== EXERCISE OBJECTIVE ==
Each line of the data that mentions the string "which" needs to be identified and copied.
━━ THE DATA
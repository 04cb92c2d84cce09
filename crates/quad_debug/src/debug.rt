// A machine that obeys commands.

ghost use Rattle.std.specs.Prelude.{◌≡◌, ◌||◌, nat_eq, not, length, OnErr, OnOk, IfOk};
ghost use Rattle.hum_outside.specs.Outside.{HasCause, AppendsFront, appended};
ghost use Rattle.circular_buffer.specs.Buffer.{keep_last};
ghost use Rattle.quad_debug.specs.Texts.{event_lines};
ghost use Rattle.quad_debug.specs.Obeys as spec;
ghost use Rattle.quad_debug.specs.Parts as parts;
ghost use Rattle.quad_debug.specs.declared.command.Command.TheVariants.{Step, Event, Show, Queue, Sheet, Back};

use crate::NoMemory;
use crate::command::{Command, Place};
use crate::lines::{put_cell, put_events, put_queue, put_turns};
use crate::rest::put_ending;
use crate::sheet::put_sheet;
use crate::wait::{Wait, entries_from, is_begun, is_over};
use cap_words::Quad;
use circular_buffer::HeapCircularBuffer;
use hum_outside::{Failed, Sink};
use std::alloc::Global;
use std::marker::Model;
use vm_devices::WriteFault;
use vm_machine::Machine;
use vm_turn::Entry;

// So many entries are kept.
const MOST_KEPT: usize = 64;

/// A machine that obeys commands. It keeps the last 64 entries that its journal got since the start, in order.
#[derive(Drop)]
pub struct Debug {
    machine: Machine,
    // How many entries the machine had at the start.
    began: usize,
    entries: HeapCircularBuffer<Entry, Global>,
}

impl Model for Debug {
    ghost use Rattle.quad_debug.specs.Kept.{Debugged, Keeps};

    ghost Value = { Debugged };

    ghost view = { λ d. record { machine = d.machine; began = d.began } };

    ghost invariant = { λ d. Keeps d.machine d.began d.entries };
}

// Writes the lines of the last so many entries.
fn put_last<K: Sink>(
    out: &mut K,
    entries: &HeapCircularBuffer<Entry, Global>,
    count: u32,
) -> Result<(), Failed>
    ensures all { OnOk result (K.written out.new ≡ appended (K.written out.old) (event_lines (keep_last count entries.now.items))) }
    ensures front { OnErr result (AppendsFront (K.written out.old) (K.written out.new) (event_lines (keep_last count entries.now.items))) }
    ensures cause { HasCause (K.faults out.old) (K.faults out.new) result }
{
    let (earlier, later) = entries.as_slices();
    let left_out = (earlier.len() + later.len()).saturating_sub(count as usize);
    if left_out > earlier.len() {
        let last = entries_from(later, left_out - earlier.len());
        return put_events(out, last);
    }
    put_events(out, entries_from(earlier, left_out))?;
    put_events(out, later)
}

// How many turns a machine completed. What it is seen to hold is its state, which is that of its run.
fn turns_of(machine: &Machine) -> u64
    ensures value { result ≡ machine.now.turns }
    ensures stands { parts.Stands machine.now }
{
    let _quads = machine.quads();
    let _sheet = machine.sheet();
    machine.turns()
}

// Whether it is told that a machine is at rest: where no turn was taken, or what was waited for did not come.
fn is_rest_told(before: u64, now: u64, met: bool) -> bool
    ensures { result ≡ (nat_eq now before || not met) }
{
    now == before || !met
}

impl Debug {
    /// A debugger of that machine, which goes on from where it is. No entry is kept yet.
    pub fn start(alloc: Global, machine: Machine) -> Result<Debug, NoMemory>
        ensures machine { IfOk result (λ d. d.machine ≡ machine) }
        ensures memory { spec.HoldsState machine }
        ensures began { IfOk result (λ d. d.began ≡ length machine.state.journal) }
    {
        let _turns = turns_of(&machine);
        let began = machine.journal().len();
        let entries = HeapCircularBuffer::with_capacity(alloc, MOST_KEPT)?;
        Ok(Debug {
            machine,
            began,
            entries,
        })
    }

    /// The machine as it stands.
    pub fn end(self) -> Machine
        ensures { result ≡ self.machine }
    {
        self.machine
    }

    /// The words of a cell, whatever it was taken for, or None where the place has none.
    pub fn show(&self, place: Place) -> Option<Quad>
        ensures { result ≡ spec.cell_at self.now.machine.quads place }
    {
        let quads = self.machine.quads();
        match place {
            Place::Rom(number) => quads.rom_at(number),
            Place::Ram(number) => quads.ram_at(number),
        }
    }

    /// Does what the command says, and writes its lines. It takes no memory.
    ///
    /// `WriteFault` comes only where the sink's count of faults rose. A front of the command's text was written then, and the machine is
    /// after the turns that were completed; a later call goes on from there.
    pub fn obey<K: Sink>(&mut self, command: Command, out: &mut K) -> Result<(), WriteFault>
        ensures obeys { OnOk result (spec.Obeys command self.old self.new (K.written out.old) (K.written out.new)) }
        ensures breaks { OnErr result (spec.BreaksOff command self.old self.new (K.written out.old) (K.written out.new)) }
        ensures cause { HasCause (K.faults out.old) (K.faults out.new) result }
    {
        match command {
            Command::Step(count) => self.step(count, out),
            Command::Event(count) => self.event(count, out),
            Command::BreakAt(message) => self.wait_for(Wait::Message(message), out),
            Command::Show(place) => self.tell_cell(place, out),
            Command::Queue => self.tell_queue(out),
            Command::Sheet => self.tell_sheet(out),
            Command::Back(count) => self.tell_back(count, out),
        }
    }

    fn machine(&self) -> &Machine
        ensures { result.now ≡ self.now.machine }
    {
        &self.machine
    }

    // Writes a cell.
    fn tell_cell<K: Sink>(&self, place: Place, out: &mut K) -> Result<(), WriteFault>
        ensures obeys { OnOk result (spec.Obeys (Show place) self.now self.now (K.written out.old) (K.written out.new)) }
        ensures breaks { OnErr result (spec.BreaksOff (Show place) self.now self.now (K.written out.old) (K.written out.new)) }
        ensures cause { HasCause (K.faults out.old) (K.faults out.new) result }
    {
        let _turns = turns_of(self.machine());
        Ok(put_cell(out, place, self.show(place))?)
    }

    // Writes the ready messages.
    fn tell_queue<K: Sink>(&self, out: &mut K) -> Result<(), WriteFault>
        ensures obeys { OnOk result (spec.Obeys Queue self.now self.now (K.written out.old) (K.written out.new)) }
        ensures breaks { OnErr result (spec.BreaksOff Queue self.now self.now (K.written out.old) (K.written out.new)) }
        ensures cause { HasCause (K.faults out.old) (K.faults out.new) result }
    {
        let _turns = turns_of(self.machine());
        Ok(put_queue(out, self.machine().queue())?)
    }

    // Writes the sponsors.
    fn tell_sheet<K: Sink>(&self, out: &mut K) -> Result<(), WriteFault>
        ensures obeys { OnOk result (spec.Obeys Sheet self.now self.now (K.written out.old) (K.written out.new)) }
        ensures breaks { OnErr result (spec.BreaksOff Sheet self.now self.now (K.written out.old) (K.written out.new)) }
        ensures cause { HasCause (K.faults out.old) (K.faults out.new) result }
    {
        let _turns = turns_of(self.machine());
        Ok(put_sheet(out, self.machine())?)
    }

    // Writes so many of the last entries.
    fn tell_back<K: Sink>(&self, count: u32, out: &mut K) -> Result<(), WriteFault>
        ensures obeys { OnOk result (spec.Obeys (Back count) self.now self.now (K.written out.old) (K.written out.new)) }
        ensures breaks { OnErr result (spec.BreaksOff (Back count) self.now self.now (K.written out.old) (K.written out.new)) }
        ensures cause { HasCause (K.faults out.old) (K.faults out.new) result }
    {
        let _turns = turns_of(&self.machine);
        Ok(put_last(out, &self.entries, count)?)
    }

    // Takes a turn, if there is one, and keeps the entry that it adds.
    fn turn<K: Sink>(&mut self, out: &mut K) -> Result<bool, WriteFault>
        ensures turns { IfOk result (λ more. parts.TookTurn self.old self.new (K.written out.old) (K.written out.new) more) }
        ensures breaks { OnErr result (parts.BrokeTurn self.old self.new (K.written out.old) (K.written out.new)) }
        ensures cause { HasCause (K.faults out.old) (K.faults out.new) result }
    {
        let turns = turns_of(&self.machine);
        let ended = self.machine.journal().len();
        let _answer = self.machine.turn(out)?;
        let now = turns_of(&self.machine);
        let added = entries_from(self.machine.journal(), ended);
        self.entries.extend_from_slice(added);
        Ok(now > turns)
    }

    // Takes so many turns, or fewer where there are no more.
    fn take<K: Sink>(&mut self, count: u32, out: &mut K) -> Result<(), WriteFault>
        ensures runs { OnOk result (parts.Steps count self.old self.new (K.written out.old) (K.written out.new)) }
        ensures breaks { OnErr result (parts.BreaksSteps count self.old self.new (K.written out.old) (K.written out.new)) }
        ensures cause { HasCause (K.faults out.old) (K.faults out.new) result }
    {
        let _turns = turns_of(self.machine());
        'turns: for _taken in 0..count {
            if !self.turn(out)? {
                return Ok(());
            }
        }
        Ok(())
    }

    // Takes turns until what is waited for has come, and writes the lines of the events that end. Says whether it has come; where it has
    // not, there is no further turn.
    fn walk<K: Sink>(&mut self, wait: Wait, out: &mut K) -> Result<bool, WriteFault>
        ensures runs { OnOk result (parts.Walks wait self.old self.new (K.written out.old) (K.written out.new)) }
        ensures met { IfOk result (λ met. met ≡ spec.is_met wait self.new.machine.state) }
        ensures breaks { OnErr result (parts.BreaksWalk wait self.old self.new (K.written out.old) (K.written out.new)) }
        ensures cause { HasCause (K.faults out.old) (K.faults out.new) result }
    {
        let _turns = turns_of(self.machine());
        let mut over = is_over(wait, self.machine().journal(), 0);
        'turns: loop {
            if over || is_begun(wait, self.machine()) {
                return Ok(true);
            }
            let ended = self.machine().journal().len();
            if !self.turn(out)? {
                return Ok(false);
            }
            let _turns = self.machine().turns();
            let journal = self.machine().journal();
            put_events(out, entries_from(journal, ended))?;
            over = is_over(wait, journal, ended);
        }
    }

    // Takes turns until what is waited for has come, and writes how that ended.
    fn wait_for<K: Sink>(&mut self, wait: Wait, out: &mut K) -> Result<(), WriteFault>
        ensures waits { OnOk result (parts.Waits wait self.old self.new (K.written out.old) (K.written out.new)) }
        ensures breaks { OnErr result (parts.BreaksWait wait self.old self.new (K.written out.old) (K.written out.new)) }
        ensures cause { HasCause (K.faults out.old) (K.faults out.new) result }
    {
        let turns = self.machine().turns();
        let met = self.walk(wait, out)?;
        let rests = is_rest_told(turns, self.machine().turns(), met);
        Ok(put_ending(out, self.machine(), wait, rests)?)
    }

    // Waits for so many more entries.
    fn event<K: Sink>(&mut self, count: u32, out: &mut K) -> Result<(), WriteFault>
        ensures obeys { OnOk result (spec.Obeys (Event count) self.old self.new (K.written out.old) (K.written out.new)) }
        ensures breaks { OnErr result (spec.BreaksOff (Event count) self.old self.new (K.written out.old) (K.written out.new)) }
        ensures cause { HasCause (K.faults out.old) (K.faults out.new) result }
    {
        let entries = self.machine().journal().len() + count as usize;
        self.wait_for(Wait::Entries(entries), out)
    }

    // Takes so many turns, or fewer where there are no more, and writes how many are completed.
    fn step<K: Sink>(&mut self, count: u32, out: &mut K) -> Result<(), WriteFault>
        ensures obeys { OnOk result (spec.Obeys (Step count) self.old self.new (K.written out.old) (K.written out.new)) }
        ensures breaks { OnErr result (spec.BreaksOff (Step count) self.old self.new (K.written out.old) (K.written out.new)) }
        ensures cause { HasCause (K.faults out.old) (K.faults out.new) result }
    {
        self.take(count, out)?;
        Ok(put_turns(out, self.machine().turns())?)
    }
}
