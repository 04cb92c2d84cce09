// What a debugger is told to do.

/// The number of a cell of ROM or RAM.
#[derive(Clone, Copy, Debug, PartialEq, Eq)]
pub enum Place {
    Rom(u32),
    Ram(u32),
}

/// What a debugger is told to do.
#[derive(Clone, Copy, Debug, PartialEq, Eq)]
pub enum Command {
    /// Take so many turns.
    Step(u32),
    /// Take turns until so many more events ended.
    Event(u32),
    /// Take turns until that message is in flight, or its event ended.
    BreakAt(u32),
    /// Show a cell.
    Show(Place),
    /// Tell the ready messages.
    Queue,
    /// Tell the sponsors and their amounts.
    Sheet,
    /// Tell so many of the last entries.
    Back(u32),
}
━━━━
== RESPONSE TO THE TASK ==
// How many turns a machine completed. What it is seen to hold is its state, which is that of its run.
    /// A debugger of that machine, which goes on from where it is. No entry is kept yet.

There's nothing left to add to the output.